Migraine is typical of the sort of ill-defined self-limiting condition which takes up much of the time of general practitioners. It involves no risk of mortality but it can cause acute intermittent incapacity to the sufferer, occurring with little warning and at times which may be inconvenient, socially embarrassing and often costly. Perhaps its nature can be best illustrated by a quotation from Through the Looking Glass by Lewis Carroll, himself a migraine sufferer, ‘ I ‘m very brave really’, he went on in a low voice, ‘only today I happen to have a headache’ (Tweedledum).

Migraine is a condition for which there are no signs which can be objectively measured and doctors must rely solely on a subjective description of symptoms by the patient in order to make a diagnosis. The clinical definition of migraine has been a subject of dispute for many centuries and remains so today. The one symptom that is common to every person with migraine is the recurrence of headache. However, recurrent headaches are rarely the only symptoms of migraine attacks. They are often preceded by warning signs or aurae which may vary from patient to patient and from attack to attack. They are usually accompanied by some transient phenomena such as visual, sensory or speech disturbances. They are often, but not always, concluded by a spasm of nausea or vomiting. Nevertheless, it is often difficult to differentiate between migraine and other headaches. There is no clear-cut line whereby a headache can be diagnosed as migrainous or not.

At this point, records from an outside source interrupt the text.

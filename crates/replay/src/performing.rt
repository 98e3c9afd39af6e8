ghost use Rattle.std.specs.Prelude.{IfOk};
ghost use Rattle.book.specs.Whole.{view};
ghost use Rattle.sheet.specs.Reading.{rule_of};
ghost use Rattle.sheet.specs.View.{sheet_view};
ghost use Rattle.replay.specs.Replays.{pick, Performs};

use crate::call::{Answer, Call, Which};
use crate::change::change as make_change;
use crate::inputs::Inputs;
use crate::question::ask;
use crate::sheets::ask_sheet;
use book::Book;
use rule::Rule;
use sheet::Sheet;
use shelf::Shelf;
use std::alloc::{AllocError, Global};

// Makes one call on the book or on one of its two sheets, with one of two shelves.
// The sheets stay two parameters: a struct would take them from the caller, or need clauses that it keeps two references.
pub fn perform<P: Rule, Q: Rule, S: Shelf, T: Shelf>(
    heap: Global,
    book: &mut Book,
    first_sheet: &mut Sheet<P>,
    second_sheet: &mut Sheet<Q>,
    inputs: &Inputs<S, T>,
    call: Call,
) -> Result<Answer<P::Value, Q::Value>, AllocError>
    ensures { IfOk result (λ a. Performs inputs.now.patterns.now (pick (S.texts inputs.now.first.now) (T.texts inputs.now.second.now))
        (rule_of P.value P.joined) (rule_of Q.value Q.joined)
        (view book.old) (view book.new) (sheet_view first_sheet.old) (sheet_view first_sheet.new)
        (sheet_view second_sheet.old) (sheet_view second_sheet.new) call a) }
{
    match call {
        Call::Book(change) => Ok(Answer::Book(make_change(book, change))),
        Call::Ask { shelf, question } => {
            let answer = ask(heap, book, &inputs.shelf(shelf), inputs.patterns, question)?;
            Ok(Answer::Book(answer))
        }
        Call::Sheet { sheet, shelf, call } => {
            let shelf = inputs.shelf(shelf);
            match sheet {
                Which::First => Ok(Answer::First(ask_sheet(first_sheet, book, &shelf, call))),
                Which::Second => Ok(Answer::Second(ask_sheet(second_sheet, book, &shelf, call))),
            }
        }
    }
}
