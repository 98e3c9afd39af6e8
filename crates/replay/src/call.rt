use ask::Dimensions;
use book::{BookFault, Kept};
use sheet::SheetFault;

// One of two: the two shelves that calls are handed, and the two sheets that they ask.
#[derive(Clone, Copy, PartialEq, Eq, Debug)]
pub enum Which {
    First,
    Second,
}

// A call that may change the book. It is handed no shelf. The edits stand beside open, keep and toss, as one list holds them all.
#[derive(Clone, Copy)]
pub enum Change {
    Open {
        version: usize,
    },
    PutPiece {
        place: usize,
        text: usize,
        from: usize,
        len: usize,
    },
    PutVersion {
        place: usize,
        version: usize,
    },
    Cut {
        from: usize,
        len: usize,
    },
    Crop {
        from: usize,
        len: usize,
    },
    Keep,
    Toss,
}

// A question to the book. The pattern of a find is `count` bytes from `start` on of the bytes that are handed with the calls,
// as far as they go.
#[derive(Clone, Copy)]
pub enum Question {
    Read {
        version: usize,
        from: usize,
        len: usize,
    },
    Find {
        version: usize,
        from: usize,
        start: usize,
        count: usize,
    },
    Shape {
        version: usize,
    },
}

// A call on a sheet.
#[derive(Clone, Copy)]
pub enum SheetCall {
    BringUp,
    Summary {
        version: usize,
        from: usize,
        len: usize,
    },
}

// A call on the book or on one of its two sheets, with the shelf that it is handed.
#[derive(Clone, Copy)]
pub enum Call {
    Book(Change),
    Ask {
        shelf: Which,
        question: Question,
    },
    Sheet {
        sheet: Which,
        shelf: Which,
        call: SheetCall,
    },
}

// What the book tells where it accepts a call.
#[derive(Drop)]
pub enum BookTold {
    Opened,
    Edited(usize),
    Kept(Kept),
    Tossed,
    Bytes(Vec<u8>),
    Found(Option<usize>),
    Shaped(Dimensions),
}

// What a sheet that has values of type V tells where it accepts a call.
#[derive(Clone, Copy)]
pub enum SheetTold<V: Copy> {
    Added(usize),
    Value(V),
}

// What a call answers: the book, or one of its two sheets.
#[derive(Drop)]
pub enum Answer<P: Copy, Q: Copy> {
    Book(Result<BookTold, BookFault>),
    First(Result<SheetTold<P>, SheetFault>),
    Second(Result<SheetTold<Q>, SheetFault>),
}
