ghost use Rattle.std.specs.Prelude.{◌≡◌, map, length};
ghost use Rattle.model.specs.Sheet.{sheet_step};
ghost use Rattle.book.specs.Whole.{view};
ghost use Rattle.sheet.specs.Reading.{rule_of};
ghost use Rattle.sheet.specs.View.{sheet_view};
ghost use Rattle.replay.specs.Calls.{sheet_call, sheet_answer};

use crate::call::{SheetCall, SheetTold};
use book::Book;
use rule::Rule;
use sheet::{Sheet, SheetFault};
use shelf::Shelf;

// Makes a call on a sheet.
pub fn ask_sheet<R: Rule, S: Shelf>(
    sheet: &mut Sheet<R>,
    book: &Book,
    shelf: &S,
    call: SheetCall,
) -> Result<SheetTold<R::Value>, SheetFault>
    ensures { sheet_step (S.texts shelf.now) (rule_of R.value R.joined) (view book.now)
        (sheet_view sheet.old) (sheet_call (map length (S.texts shelf.now)) call)
        ≡ (sheet_answer result, sheet_view sheet.new) }
{
    Ok(match call {
        SheetCall::BringUp => SheetTold::Added(sheet.bring_up(book, shelf)?),
        SheetCall::Summary { version, from, len } => {
            SheetTold::Value(sheet.summary(book, shelf, version, from, len)?)
        }
    })
}
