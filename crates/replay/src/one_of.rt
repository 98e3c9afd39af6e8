ghost use Rattle.replay.specs.OneOf.{one_texts, one_fit};

use shelf::{CopyFault, Shelf};

// One of two shelves.
#[derive_where(Clone, Copy)]
pub(crate) enum OneOf<'a, S, T> {
    First(&'a S),
    Second(&'a T),
}

// As `Trace` has it, but over borrowed shelves of any two types.
impl<'a, S: Shelf, T: Shelf> Shelf for OneOf<'a, S, T> {
    ghost texts = { one_texts S.texts T.texts };

    ghost fit = { one_fit S.texts T.texts S.fit T.fit };

    fn count(&self) -> usize {
        match self {
            OneOf::First(shelf) => shelf.count(),
            OneOf::Second(shelf) => shelf.count(),
        }
    }

    fn length(&self, k: usize) -> Option<usize> {
        match self {
            OneOf::First(shelf) => shelf.length(k),
            OneOf::Second(shelf) => shelf.length(k),
        }
    }

    fn copy(&self, k: usize, from: usize, out: &mut [u8]) -> Result<(), CopyFault> {
        match self {
            OneOf::First(shelf) => shelf.copy(k, from, out),
            OneOf::Second(shelf) => shelf.copy(k, from, out),
        }
    }
}
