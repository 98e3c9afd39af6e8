ghost use Rattle.std.specs.Prelude.{length, IfOk};
ghost use Rattle.book.specs.Whole.{view};
ghost use Rattle.sheet.specs.Reading.{rule_of};
ghost use Rattle.sheet.specs.View.{sheet_view};
ghost use Rattle.replay.specs.Replays.{pick, Runs, Replayed};

use crate::call::{Answer, Call};
use crate::inputs::Inputs;
use crate::performing::perform;
use book::{Book, Node, open_book};
use rule::Rule;
use sheet::Sheet;
use shelf::Shelf;
use std::alloc::{AllocError, Global};

// Makes calls, one after the other, on a book and its two sheets, and gives the answers. The sheets are two parameters as in `perform`.
pub fn replay_on<P: Rule, Q: Rule, S: Shelf, T: Shelf>(
    heap: Global,
    book: &mut Book,
    first_sheet: &mut Sheet<P>,
    second_sheet: &mut Sheet<Q>,
    inputs: &Inputs<S, T>,
    calls: &[Call],
) -> Result<Vec<Answer<P::Value, Q::Value>>, AllocError>
    ensures { IfOk result (λ answers. Runs inputs.now.patterns.now (pick (S.texts inputs.now.first.now) (T.texts inputs.now.second.now))
        (rule_of P.value P.joined) (rule_of Q.value Q.joined)
        (view book.old) (view book.new) (sheet_view first_sheet.old) (sheet_view first_sheet.new)
        (sheet_view second_sheet.old) (sheet_view second_sheet.new) calls.now answers.items) }
{
    let mut answers = Vec::new(heap);
    for call in calls {
        let answer = perform::<P, Q, S, T>(heap, book, first_sheet, second_sheet, inputs, *call)?;
        answers.push(answer)?;
    }
    Ok(answers)
}

// Makes calls on a new book and two new sheets of two rules. The book is opened on the first shelf.
pub fn replay<P: Rule, Q: Rule, S: Shelf, T: Shelf>(
    heap: Global,
    nodes: &mut [Node],
    first_values: &mut [P::Value],
    second_values: &mut [Q::Value],
    inputs: &Inputs<S, T>,
    calls: &[Call],
) -> Result<Vec<Answer<P::Value, Q::Value>>, AllocError>
    ensures { IfOk result (λ answers. Replayed inputs.now.patterns.now (pick (S.texts inputs.now.first.now) (T.texts inputs.now.second.now))
        (rule_of P.value P.joined) (rule_of Q.value Q.joined)
        (length nodes.old) first_values.old second_values.old calls.now answers.items) }
{
    let mut book = open_book(nodes, inputs.first);
    let mut first_sheet = Sheet::<P>::new(first_values);
    let mut second_sheet = Sheet::<Q>::new(second_values);
    replay_on::<P, Q, S, T>(
        heap,
        &mut book,
        &mut first_sheet,
        &mut second_sheet,
        inputs,
        calls,
    )
}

Migraine may be divided into two main sub-groups. First, classical migraine, where the headache is preceded or accompanied by visual aurae, sensory or speech disturbances and second, non-classical or common migraine which is not associated with this sort of sharply defined focal neurological disturbance. In both these types the headache is unilateral and may be associated with nausea or vomiting. Common migraine is by far the more prevalent of the two. Other symptoms may include feelings of elation or depression without apparent cause during the twenty-four hours preceding the attacks, total loss of appetite and, especially among women prone to premenstrual tension, a tight feeling affecting the skin. Large quantities of urine may be excreted as the attack is waning. Patients may also experience neurological symptoms such as numbness, ‘pins and needles’ or giddiness. Table i shows a list of warning symptoms that may precede an attack.

Other less common types may occur. Among these is the cluster headache which is characterised by intense unilateral pain involving the eye and one side of the head, associated with symptoms of flushing, nasal congestion and watering eyes. These attacks usually recur once or more a day lasting for 20-120 minutes in bouts which commonly continue for weeks or months but are separated by remissions of months or years. The condition is distinguished from other types of migraine by the absence of warning signs and by the presence of unilateral flushing.

Facial migraine is another variant. As its name suggests, its main features are those of unilateral episodic facial pain associated with the symptoms of either migraine or cluster headache. Two rare forms are ophthalmoplegic migraine and hemiplegic migraine. The former is associated with the occurrence of prolonged double vision and the second with the temporary paralysis of one side of the body.

Because migraine is so little understood, it is perhaps not surprising that myths have grown up about the incidence of the condition and the characteristics of sufferers. There are strong beliefs that migraine is a neurotic disorder. A typical migraine sufferer is generally thought to be highly intelligent, highly strung and a perfectionist. It is also commonly believed to be an hysterical female disorder and it is often thought to occur more frequently among men and women whose occupations involve concentrated work using the eyes. None of these beliefs, however, is supported by hard evidence.